### What the task requires
Please work out how many lines in the data below hold the word "code", and state only the number.

### Available records
--------------------------------------------------

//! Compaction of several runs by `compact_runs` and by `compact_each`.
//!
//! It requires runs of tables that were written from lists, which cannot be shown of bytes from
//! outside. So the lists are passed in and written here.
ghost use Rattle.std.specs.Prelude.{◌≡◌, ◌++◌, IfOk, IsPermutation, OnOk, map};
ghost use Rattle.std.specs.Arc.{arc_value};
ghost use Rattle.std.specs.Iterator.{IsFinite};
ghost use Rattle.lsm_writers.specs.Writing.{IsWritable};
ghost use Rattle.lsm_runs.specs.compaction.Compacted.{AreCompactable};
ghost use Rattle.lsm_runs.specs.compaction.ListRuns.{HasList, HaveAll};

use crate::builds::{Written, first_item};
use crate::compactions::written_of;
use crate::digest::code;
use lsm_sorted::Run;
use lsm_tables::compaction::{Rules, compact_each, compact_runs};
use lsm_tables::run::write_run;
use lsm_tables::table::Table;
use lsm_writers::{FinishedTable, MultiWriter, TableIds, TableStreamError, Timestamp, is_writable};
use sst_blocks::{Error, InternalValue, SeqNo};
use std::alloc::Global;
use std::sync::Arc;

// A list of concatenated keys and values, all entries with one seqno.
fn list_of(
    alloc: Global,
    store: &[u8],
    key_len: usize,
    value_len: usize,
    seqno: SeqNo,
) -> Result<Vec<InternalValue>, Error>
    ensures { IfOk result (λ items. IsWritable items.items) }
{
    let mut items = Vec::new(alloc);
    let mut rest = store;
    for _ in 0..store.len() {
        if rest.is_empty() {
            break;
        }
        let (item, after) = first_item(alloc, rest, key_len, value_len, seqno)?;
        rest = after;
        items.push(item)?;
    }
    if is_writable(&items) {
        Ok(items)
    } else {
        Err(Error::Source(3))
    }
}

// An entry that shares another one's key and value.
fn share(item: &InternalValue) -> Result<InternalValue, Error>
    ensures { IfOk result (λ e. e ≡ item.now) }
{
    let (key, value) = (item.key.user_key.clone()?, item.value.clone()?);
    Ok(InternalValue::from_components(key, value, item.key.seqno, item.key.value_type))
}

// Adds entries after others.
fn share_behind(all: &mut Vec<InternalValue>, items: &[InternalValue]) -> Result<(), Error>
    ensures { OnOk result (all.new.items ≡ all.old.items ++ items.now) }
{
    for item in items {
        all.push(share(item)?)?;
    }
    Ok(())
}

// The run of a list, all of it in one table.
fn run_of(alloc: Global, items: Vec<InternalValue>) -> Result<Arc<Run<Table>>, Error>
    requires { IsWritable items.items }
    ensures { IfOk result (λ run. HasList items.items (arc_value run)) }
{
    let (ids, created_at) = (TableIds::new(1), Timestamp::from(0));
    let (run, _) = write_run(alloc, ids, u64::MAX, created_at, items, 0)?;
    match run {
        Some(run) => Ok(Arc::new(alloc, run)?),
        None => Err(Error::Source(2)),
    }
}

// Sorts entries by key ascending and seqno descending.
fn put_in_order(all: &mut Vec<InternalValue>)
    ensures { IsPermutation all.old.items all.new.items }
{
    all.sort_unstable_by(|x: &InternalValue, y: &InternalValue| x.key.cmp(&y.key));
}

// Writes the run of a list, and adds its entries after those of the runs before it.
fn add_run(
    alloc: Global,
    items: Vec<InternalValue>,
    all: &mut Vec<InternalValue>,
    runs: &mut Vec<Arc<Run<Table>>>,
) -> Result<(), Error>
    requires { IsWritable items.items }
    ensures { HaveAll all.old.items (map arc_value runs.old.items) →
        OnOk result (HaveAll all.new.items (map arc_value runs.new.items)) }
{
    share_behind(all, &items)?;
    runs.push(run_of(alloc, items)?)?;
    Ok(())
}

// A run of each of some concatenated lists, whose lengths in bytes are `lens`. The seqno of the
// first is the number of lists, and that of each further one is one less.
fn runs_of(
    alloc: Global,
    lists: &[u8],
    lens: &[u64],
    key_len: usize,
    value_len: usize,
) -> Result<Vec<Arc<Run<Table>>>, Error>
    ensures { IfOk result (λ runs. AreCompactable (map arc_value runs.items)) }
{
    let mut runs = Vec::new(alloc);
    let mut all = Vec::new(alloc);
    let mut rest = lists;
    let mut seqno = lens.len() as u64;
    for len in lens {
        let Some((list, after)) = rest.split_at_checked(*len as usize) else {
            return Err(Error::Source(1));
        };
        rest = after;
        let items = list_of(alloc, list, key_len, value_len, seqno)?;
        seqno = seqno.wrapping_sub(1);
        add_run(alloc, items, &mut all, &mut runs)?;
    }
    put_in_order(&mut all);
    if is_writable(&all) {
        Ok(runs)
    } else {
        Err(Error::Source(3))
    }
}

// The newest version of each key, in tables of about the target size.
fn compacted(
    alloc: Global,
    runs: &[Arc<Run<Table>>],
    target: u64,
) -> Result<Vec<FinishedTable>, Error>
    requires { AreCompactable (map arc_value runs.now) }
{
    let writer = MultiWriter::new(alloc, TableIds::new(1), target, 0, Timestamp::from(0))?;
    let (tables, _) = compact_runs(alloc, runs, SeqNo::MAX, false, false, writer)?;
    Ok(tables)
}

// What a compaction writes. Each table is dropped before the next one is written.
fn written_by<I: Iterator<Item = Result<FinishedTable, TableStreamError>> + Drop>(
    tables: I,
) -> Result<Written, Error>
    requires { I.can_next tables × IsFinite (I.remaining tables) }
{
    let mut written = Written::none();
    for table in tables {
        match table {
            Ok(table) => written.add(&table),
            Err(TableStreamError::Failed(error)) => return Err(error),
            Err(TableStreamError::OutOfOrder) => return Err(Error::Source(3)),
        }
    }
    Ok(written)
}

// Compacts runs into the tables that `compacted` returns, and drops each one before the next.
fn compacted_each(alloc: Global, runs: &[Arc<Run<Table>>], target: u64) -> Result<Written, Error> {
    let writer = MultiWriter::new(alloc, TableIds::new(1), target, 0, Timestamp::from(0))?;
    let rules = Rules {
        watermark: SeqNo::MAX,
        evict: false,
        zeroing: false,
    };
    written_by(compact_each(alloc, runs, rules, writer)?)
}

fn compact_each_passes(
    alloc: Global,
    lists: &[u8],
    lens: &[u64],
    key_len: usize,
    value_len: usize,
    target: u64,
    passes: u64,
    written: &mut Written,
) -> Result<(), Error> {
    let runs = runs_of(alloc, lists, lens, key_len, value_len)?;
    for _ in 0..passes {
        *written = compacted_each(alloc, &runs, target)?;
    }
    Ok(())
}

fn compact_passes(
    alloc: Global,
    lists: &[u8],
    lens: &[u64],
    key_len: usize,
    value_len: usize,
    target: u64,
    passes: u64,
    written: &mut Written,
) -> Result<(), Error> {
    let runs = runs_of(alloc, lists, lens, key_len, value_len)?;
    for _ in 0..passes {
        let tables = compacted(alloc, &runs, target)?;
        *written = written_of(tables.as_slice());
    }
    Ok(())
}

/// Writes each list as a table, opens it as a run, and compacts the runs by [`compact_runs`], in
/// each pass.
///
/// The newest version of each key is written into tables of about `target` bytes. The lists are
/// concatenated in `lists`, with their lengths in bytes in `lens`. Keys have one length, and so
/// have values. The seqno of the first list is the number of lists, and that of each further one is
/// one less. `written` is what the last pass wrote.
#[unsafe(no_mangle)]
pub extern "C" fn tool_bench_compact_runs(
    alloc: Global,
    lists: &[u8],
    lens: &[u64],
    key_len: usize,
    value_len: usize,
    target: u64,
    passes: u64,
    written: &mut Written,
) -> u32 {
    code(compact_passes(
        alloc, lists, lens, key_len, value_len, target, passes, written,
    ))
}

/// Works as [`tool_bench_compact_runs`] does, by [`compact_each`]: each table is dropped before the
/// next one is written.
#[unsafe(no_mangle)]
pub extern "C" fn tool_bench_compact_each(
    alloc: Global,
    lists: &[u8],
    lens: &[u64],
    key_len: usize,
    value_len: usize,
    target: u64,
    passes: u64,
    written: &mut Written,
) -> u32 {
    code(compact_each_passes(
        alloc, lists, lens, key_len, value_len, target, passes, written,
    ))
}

--------------------------------------------------

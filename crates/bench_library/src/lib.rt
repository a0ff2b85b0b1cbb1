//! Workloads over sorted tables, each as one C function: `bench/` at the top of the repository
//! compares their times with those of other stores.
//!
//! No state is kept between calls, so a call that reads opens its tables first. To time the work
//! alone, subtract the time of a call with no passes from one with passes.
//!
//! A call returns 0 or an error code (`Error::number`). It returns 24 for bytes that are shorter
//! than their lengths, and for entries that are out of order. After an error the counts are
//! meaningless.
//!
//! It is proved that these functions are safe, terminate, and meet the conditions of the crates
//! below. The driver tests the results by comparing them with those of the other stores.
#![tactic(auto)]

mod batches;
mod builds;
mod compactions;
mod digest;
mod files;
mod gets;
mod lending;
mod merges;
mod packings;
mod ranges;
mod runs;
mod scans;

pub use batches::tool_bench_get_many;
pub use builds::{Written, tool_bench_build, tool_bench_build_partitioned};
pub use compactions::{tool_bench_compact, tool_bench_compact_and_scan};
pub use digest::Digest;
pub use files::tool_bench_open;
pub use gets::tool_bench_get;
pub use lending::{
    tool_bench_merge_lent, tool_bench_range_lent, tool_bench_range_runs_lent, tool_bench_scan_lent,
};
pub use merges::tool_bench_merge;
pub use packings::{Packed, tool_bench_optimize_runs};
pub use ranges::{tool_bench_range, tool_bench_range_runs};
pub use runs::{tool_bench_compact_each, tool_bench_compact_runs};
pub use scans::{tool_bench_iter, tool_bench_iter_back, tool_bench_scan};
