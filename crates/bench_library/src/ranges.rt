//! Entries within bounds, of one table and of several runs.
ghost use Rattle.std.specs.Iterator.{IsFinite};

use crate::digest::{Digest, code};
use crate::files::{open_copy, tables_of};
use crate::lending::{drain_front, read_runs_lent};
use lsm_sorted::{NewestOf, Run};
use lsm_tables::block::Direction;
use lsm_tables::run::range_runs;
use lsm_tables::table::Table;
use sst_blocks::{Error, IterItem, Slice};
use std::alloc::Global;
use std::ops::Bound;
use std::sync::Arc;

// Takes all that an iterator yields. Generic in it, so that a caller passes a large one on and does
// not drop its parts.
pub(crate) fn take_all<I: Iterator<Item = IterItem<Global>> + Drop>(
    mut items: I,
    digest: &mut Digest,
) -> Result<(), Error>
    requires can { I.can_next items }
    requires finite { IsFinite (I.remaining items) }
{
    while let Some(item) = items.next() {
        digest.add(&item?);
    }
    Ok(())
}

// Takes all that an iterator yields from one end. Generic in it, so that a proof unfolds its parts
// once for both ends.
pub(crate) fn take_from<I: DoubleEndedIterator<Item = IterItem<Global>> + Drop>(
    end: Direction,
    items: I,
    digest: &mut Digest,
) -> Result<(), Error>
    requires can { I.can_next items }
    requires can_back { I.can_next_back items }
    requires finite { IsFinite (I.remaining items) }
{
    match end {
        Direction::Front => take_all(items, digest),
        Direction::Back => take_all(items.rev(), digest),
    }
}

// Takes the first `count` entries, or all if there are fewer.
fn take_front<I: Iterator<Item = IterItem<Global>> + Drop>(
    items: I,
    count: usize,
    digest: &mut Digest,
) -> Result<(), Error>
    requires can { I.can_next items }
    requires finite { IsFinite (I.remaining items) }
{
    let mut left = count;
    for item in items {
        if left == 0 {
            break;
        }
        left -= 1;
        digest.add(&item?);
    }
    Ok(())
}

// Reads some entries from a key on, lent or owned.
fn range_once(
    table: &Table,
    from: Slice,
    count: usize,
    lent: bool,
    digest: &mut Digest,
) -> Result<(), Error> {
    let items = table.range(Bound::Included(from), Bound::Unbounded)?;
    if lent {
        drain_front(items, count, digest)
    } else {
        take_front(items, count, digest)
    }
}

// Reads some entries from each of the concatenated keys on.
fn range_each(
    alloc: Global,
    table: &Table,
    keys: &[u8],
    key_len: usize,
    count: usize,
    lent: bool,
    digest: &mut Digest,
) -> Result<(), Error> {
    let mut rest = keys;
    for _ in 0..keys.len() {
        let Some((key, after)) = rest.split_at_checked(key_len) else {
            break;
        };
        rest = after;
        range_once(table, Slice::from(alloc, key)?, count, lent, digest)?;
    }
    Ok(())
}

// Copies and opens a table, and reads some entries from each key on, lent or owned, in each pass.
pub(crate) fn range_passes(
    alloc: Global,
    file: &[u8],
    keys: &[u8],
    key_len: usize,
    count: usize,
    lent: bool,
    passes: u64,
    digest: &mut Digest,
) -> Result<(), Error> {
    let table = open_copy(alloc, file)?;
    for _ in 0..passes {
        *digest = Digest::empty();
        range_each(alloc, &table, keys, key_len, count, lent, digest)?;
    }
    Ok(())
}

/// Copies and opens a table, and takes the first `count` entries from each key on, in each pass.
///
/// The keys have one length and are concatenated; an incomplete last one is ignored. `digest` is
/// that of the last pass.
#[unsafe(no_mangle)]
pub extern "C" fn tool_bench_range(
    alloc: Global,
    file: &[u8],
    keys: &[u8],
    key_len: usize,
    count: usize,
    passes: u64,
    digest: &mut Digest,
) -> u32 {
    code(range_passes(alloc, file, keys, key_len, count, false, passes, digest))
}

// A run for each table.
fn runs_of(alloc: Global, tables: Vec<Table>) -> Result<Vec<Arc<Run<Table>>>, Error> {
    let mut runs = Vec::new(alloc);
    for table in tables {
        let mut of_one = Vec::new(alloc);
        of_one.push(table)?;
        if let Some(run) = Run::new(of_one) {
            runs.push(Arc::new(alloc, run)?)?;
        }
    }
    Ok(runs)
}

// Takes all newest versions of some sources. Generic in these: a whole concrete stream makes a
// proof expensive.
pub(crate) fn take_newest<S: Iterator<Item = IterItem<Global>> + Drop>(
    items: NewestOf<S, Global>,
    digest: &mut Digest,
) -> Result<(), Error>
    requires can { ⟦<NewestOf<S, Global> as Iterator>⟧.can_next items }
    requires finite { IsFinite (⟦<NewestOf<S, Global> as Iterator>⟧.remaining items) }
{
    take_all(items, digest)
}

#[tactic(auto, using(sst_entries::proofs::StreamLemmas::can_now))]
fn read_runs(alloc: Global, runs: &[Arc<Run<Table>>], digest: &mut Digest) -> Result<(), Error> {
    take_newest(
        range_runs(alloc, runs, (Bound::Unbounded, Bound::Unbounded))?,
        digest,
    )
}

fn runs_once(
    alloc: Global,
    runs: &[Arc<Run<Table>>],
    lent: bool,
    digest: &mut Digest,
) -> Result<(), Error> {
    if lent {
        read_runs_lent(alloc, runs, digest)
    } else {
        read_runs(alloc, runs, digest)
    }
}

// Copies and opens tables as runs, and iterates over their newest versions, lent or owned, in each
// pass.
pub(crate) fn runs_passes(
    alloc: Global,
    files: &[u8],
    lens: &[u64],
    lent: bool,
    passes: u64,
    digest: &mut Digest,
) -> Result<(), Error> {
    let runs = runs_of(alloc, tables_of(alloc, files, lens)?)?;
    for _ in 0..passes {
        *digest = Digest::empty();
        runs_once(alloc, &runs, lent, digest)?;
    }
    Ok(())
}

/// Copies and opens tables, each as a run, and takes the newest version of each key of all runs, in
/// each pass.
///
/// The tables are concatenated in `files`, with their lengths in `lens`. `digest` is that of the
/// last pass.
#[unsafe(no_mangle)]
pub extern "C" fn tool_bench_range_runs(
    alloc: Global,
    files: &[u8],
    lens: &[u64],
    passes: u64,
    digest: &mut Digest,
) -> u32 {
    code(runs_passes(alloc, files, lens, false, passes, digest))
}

--------------------------------------------------

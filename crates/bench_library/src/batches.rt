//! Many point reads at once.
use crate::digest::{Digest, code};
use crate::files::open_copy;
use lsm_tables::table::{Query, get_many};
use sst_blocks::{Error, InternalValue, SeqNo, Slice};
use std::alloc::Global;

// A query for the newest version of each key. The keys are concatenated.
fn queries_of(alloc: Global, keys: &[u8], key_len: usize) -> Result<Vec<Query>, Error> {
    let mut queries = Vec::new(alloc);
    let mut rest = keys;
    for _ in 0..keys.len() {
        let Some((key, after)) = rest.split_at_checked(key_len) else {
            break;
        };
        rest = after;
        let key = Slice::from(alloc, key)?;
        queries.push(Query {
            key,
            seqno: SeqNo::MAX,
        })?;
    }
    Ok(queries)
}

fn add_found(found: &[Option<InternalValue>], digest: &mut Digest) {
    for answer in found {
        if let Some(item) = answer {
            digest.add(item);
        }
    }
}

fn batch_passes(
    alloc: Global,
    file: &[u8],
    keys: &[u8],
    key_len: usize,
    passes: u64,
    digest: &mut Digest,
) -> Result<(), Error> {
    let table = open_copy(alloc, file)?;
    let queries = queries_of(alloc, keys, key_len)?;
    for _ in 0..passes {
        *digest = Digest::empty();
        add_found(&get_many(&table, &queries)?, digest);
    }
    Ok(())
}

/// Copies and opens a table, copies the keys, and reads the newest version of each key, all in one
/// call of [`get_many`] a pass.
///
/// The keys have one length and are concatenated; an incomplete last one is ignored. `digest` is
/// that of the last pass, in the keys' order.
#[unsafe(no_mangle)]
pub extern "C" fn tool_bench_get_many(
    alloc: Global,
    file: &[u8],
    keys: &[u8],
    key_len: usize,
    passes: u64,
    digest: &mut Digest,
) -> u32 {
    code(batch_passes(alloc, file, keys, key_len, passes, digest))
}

--------------------------------------------------

### Task solution
9